Jen Cloher and her band the Endless Sea open proceedings early, and I mean early. It isn’t much past 7.30pm when the Judith Wright Centre lobby lights began politely flashing to usher us inside.

They open with a new one then hark back to Cloher’s first album Deadwood Falls with the driving song Rain.

The singer said it had already been a big day for The Endless Sea.

“We’ve just got off a plane, four of us squeezed in the back of a Tarago, in here for a quick sound check then across the road to throw some Grill’d (burgers) down our throats and now we’re on stage. It’s a bit surreal being here.”

Cloher introduces Time Among the Pines by saying it was about a weekend she’d spent with her friend Mia Dyson on New Zealand’s north island.

Her sound is clean and crisp as the Kiwi air, and she confidently keeps the songs moving along so her band is free to experiment and improvise. At one point, the viola player bows the back of a saw instead of her instrument. Later, the drummer bows one of his cymbals.
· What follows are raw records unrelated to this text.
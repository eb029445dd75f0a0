//! Lines of 40 cells in pieces. The expected pieces are worked out by hand.
ghost use Rattle.std.specs.Prelude.{◌<◌, ◌≤◌, ◌↔◌, IsTrue};

use crate::number::Number;
use std::alloc::{AllocError, Global};
use std::test::Fail;
use sv_range::Span;
use sv_rangemap::RangeMap;

// What is done to a line.
#[derive(Clone, Copy)]
enum Edit {
    SplitAt(u64),
    SplitSpan(u64, u64),
    // The cells of the span get a value.
    Fill(u64, u64, u64),
    // The cells of each piece of the span get the piece's end as their value.
    FillWithEnds(u64, u64),
    // The piece at the place gets a value.
    Replace(usize, u64),
    Join,
}

// A line after some edits: its pieces, each with its start, end and value, and the places of some cells.
#[derive(Clone, Copy)]
struct Row {
    edits: &'static [Edit],
    pieces: &'static [(u64, u64, u64)],
    places: &'static [(u64, usize)],
}

static ROWS: [Row; 11] = [
    Row {
        edits: &[],
        pieces: &[(0, 40, 1)],
        places: &[(0, 0), (39, 0)],
    },
    Row {
        edits: &[Edit::SplitAt(0)],
        pieces: &[(0, 40, 1)],
        places: &[(0, 0)],
    },
    Row {
        edits: &[Edit::SplitAt(39), Edit::SplitAt(16), Edit::SplitAt(16)],
        pieces: &[(0, 16, 1), (16, 39, 1), (39, 40, 1)],
        places: &[(15, 0), (16, 1), (38, 1), (39, 2)],
    },
    Row {
        edits: &[Edit::SplitSpan(8, 24)],
        pieces: &[(0, 8, 1), (8, 24, 1), (24, 40, 1)],
        places: &[(7, 0), (8, 1), (23, 1), (24, 2)],
    },
    Row {
        edits: &[Edit::SplitSpan(0, 40)],
        pieces: &[(0, 40, 1)],
        places: &[(20, 0)],
    },
    Row {
        edits: &[Edit::Fill(8, 24, 2)],
        pieces: &[(0, 8, 1), (8, 24, 2), (24, 40, 1)],
        places: &[(7, 0), (8, 1), (23, 1), (24, 2)],
    },
    Row {
        edits: &[Edit::Fill(0, 16, 2), Edit::Fill(8, 24, 3)],
        pieces: &[(0, 8, 2), (8, 16, 3), (16, 24, 3), (24, 40, 1)],
        places: &[(7, 0), (8, 1), (16, 2), (39, 3)],
    },
    Row {
        edits: &[Edit::Fill(0, 16, 2), Edit::Fill(8, 24, 3), Edit::Join],
        pieces: &[(0, 8, 2), (8, 24, 3), (24, 40, 1)],
        places: &[(7, 0), (8, 1), (23, 1), (24, 2)],
    },
    Row {
        edits: &[Edit::SplitAt(16), Edit::FillWithEnds(8, 24)],
        pieces: &[(0, 8, 1), (8, 16, 16), (16, 24, 24), (24, 40, 1)],
        places: &[(8, 1), (23, 2)],
    },
    Row {
        edits: &[Edit::SplitSpan(10, 30), Edit::Replace(1, 5), Edit::Join],
        pieces: &[(0, 10, 1), (10, 30, 5), (30, 40, 1)],
        places: &[(9, 0), (29, 1), (30, 2)],
    },
    Row {
        edits: &[
            Edit::SplitSpan(10, 30),
            Edit::Replace(1, 5),
            Edit::Fill(10, 30, 1),
            Edit::Join,
        ],
        pieces: &[(0, 40, 1)],
        places: &[(39, 0)],
    },
];

// Whether the line has the cells, of which there are some.
fn has(line: &RangeMap<Number>, start: u64, end: u64) -> bool
    ensures { IsTrue result ↔ ((start < end) × (end ≤ line.now.size)) }
{
    start < end && end <= line.size()
}

fn split_at(line: &mut RangeMap<Number>, cell: u64) -> Result<bool, AllocError> {
    if cell >= line.size() {
        return Ok(false);
    }
    line.split_at(cell)?;
    Ok(true)
}

fn split_span(line: &mut RangeMap<Number>, start: u64, end: u64) -> Result<bool, AllocError> {
    if !has(line, start, end) {
        return Ok(false);
    }
    line.split_span(Span { start, end })?;
    Ok(true)
}

fn fill(line: &mut RangeMap<Number>, start: u64, end: u64, value: u64) -> Result<bool, AllocError> {
    if !has(line, start, end) {
        return Ok(false);
    }
    line.update(Span { start, end }, |_, number| {
        number.value = value;
        Ok(())
    })?;
    Ok(true)
}

fn fill_with_ends(line: &mut RangeMap<Number>, start: u64, end: u64) -> Result<bool, AllocError> {
    if !has(line, start, end) {
        return Ok(false);
    }
    line.update(Span { start, end }, |span, number| {
        number.value = span.end;
        Ok(())
    })?;
    Ok(true)
}

fn replace(line: &mut RangeMap<Number>, place: usize, value: u64) -> bool {
    if place >= line.len() {
        return false;
    }
    let (_, before) = line.piece(place);
    let before = before.value;
    let had = line.replace(place, Number { value });
    had.value == before
}

// Makes the edit. Tells whether it could be made.
fn make(line: &mut RangeMap<Number>, edit: Edit) -> Result<bool, AllocError> {
    match edit {
        Edit::SplitAt(cell) => split_at(line, cell),
        Edit::SplitSpan(start, end) => split_span(line, start, end),
        Edit::Fill(start, end, value) => fill(line, start, end, value),
        Edit::FillWithEnds(start, end) => fill_with_ends(line, start, end),
        Edit::Replace(place, value) => Ok(replace(line, place, value)),
        Edit::Join => {
            line.join_equal();
            Ok(true)
        }
    }
}

// The line after the edits, which is None where one could not be made.
fn line_after(alloc: Global, edits: &[Edit]) -> Result<Option<RangeMap<Number>>, AllocError> {
    let mut line = RangeMap::new(alloc, 40, Number { value: 1 })?;
    for edit in edits {
        if !make(&mut line, *edit)? {
            return Ok(None);
        }
    }
    Ok(Some(line))
}

fn has_piece(line: &RangeMap<Number>, index: usize, start: u64, end: u64, value: u64) -> bool {
    if index >= line.len() {
        return false;
    }
    let (span, number) = line.piece(index);
    span.start == start && span.end == end && number.value == value
}

fn has_pieces(line: &RangeMap<Number>, pieces: &[(u64, u64, u64)]) -> bool {
    if line.len() != pieces.len() {
        return false;
    }
    for index in 0..pieces.len() {
        let (start, end, value) = pieces[index];
        if !has_piece(line, index, start, end, value) {
            return false;
        }
    }
    true
}

// Whether the cell is found in the piece at that place, and has that piece's value.
fn is_at(line: &RangeMap<Number>, cell: u64, place: usize) -> bool {
    if cell >= line.size() {
        return false;
    }
    let found = line.index_of(cell);
    let (_, number) = line.piece(found);
    found == place && line.get(cell).value == number.value
}

fn are_at(line: &RangeMap<Number>, places: &[(u64, usize)]) -> bool {
    for (cell, place) in places {
        if !is_at(line, *cell, *place) {
            return false;
        }
    }
    true
}

fn agrees(alloc: Global, row: &Row) -> Result<bool, AllocError> {
    match line_after(alloc, row.edits)? {
        None => Ok(false),
        Some(line) => Ok(has_pieces(&line, row.pieces) && are_at(&line, row.places)),
    }
}

#[test]
fn pieces_are_cut_and_joined(rt: HostRuntime) -> Result<(), Fail> {
    for index in 0..ROWS.len() {
        let agrees = agrees(rt.alloc(), &ROWS[index])?;
        assert!(rt; agrees, "row {index}");
    }
    Ok(())
}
They end with Grant Lee Buffalo’s song Fuzzy , Cloher turning to each member of the band in turn, giving them a moment to shine. The song ends on a note of melancholy with a soulful piano and viola interlude.

Mia Dyson sneaks onto the stage with her band without fuss and takes a position in the middle left, rather than the middle.

She plays new single People Will Turn on You early, swigs from a short glass and says “why, thank you” like an old-fashioned country star.

Dyson, the daughter of guitar maker and Blues guitarist Jim, never tries to shrug off her roots. She pays tribute to her grandfather with the song No Other then her mother, saying: “my mother is a very special woman and I wrote this song for her. Whether she wants it is a different matter.”

Liz Stringer, a gifted songwriter in her own right, accompanies Dyson and comes into her own when the singer slides behind the piano for some of her new tracks.

The best way to hear the Blues is at a table with a candle, a bottle of red and a friend. Dyson takes this intimate ritual and transplants it into the small, classy Judith Wright Centre, setting out a smattering of candle-lit tables between the stalls and the stage.

“Our first concert in Brisbane, the first time we haven’t played in a pub,” she says with the hint of a curtsy.

Dyson seamlessly blends songs from her new record Struck Down with old favourites for the fans. The driving title track shows a songwriter at the peak of her skills. Her trademark raw energy and emotion is still there but the new songs show a maturity and consistency missing from early records Cold Water (2003) and the much-loved Parking Lots (2005).

“A couple of these we haven’t played before so I expect some charity from you,” she demands.

She plays with a vigour that verges on violence, sometimes hauling her axe into songs so quickly she surprises even the band. When she pulls away from the microphone, you could be forgiven for forgetting just how strong her whiskey voice is: when he leans in to start a stanza, it’s often a shock. I guess it’s lucky her hubby was in the sound box – only he could cope with the wild throws in her songs.

But when she has the audience swaying in time and wincing at the electric wail of her guitar, she quietly slides in behind the piano to serenade us.

Come encore, two fans up the back are dancing. They yell their request: Roll On from 2003’s Cold Water.

“I don’t know how to play that on a piano,” she apologises. “Thanks for the call but we’re going to do something different.”

On piano, she plays a Leonard Cohen-style accompaniment she wrote to Robert Frost’s poem The Road Not Taken; then picks up her guitar and leads the band in The Night They Drove Old Dixie Down (The Band), which we’re all still humming in the car park.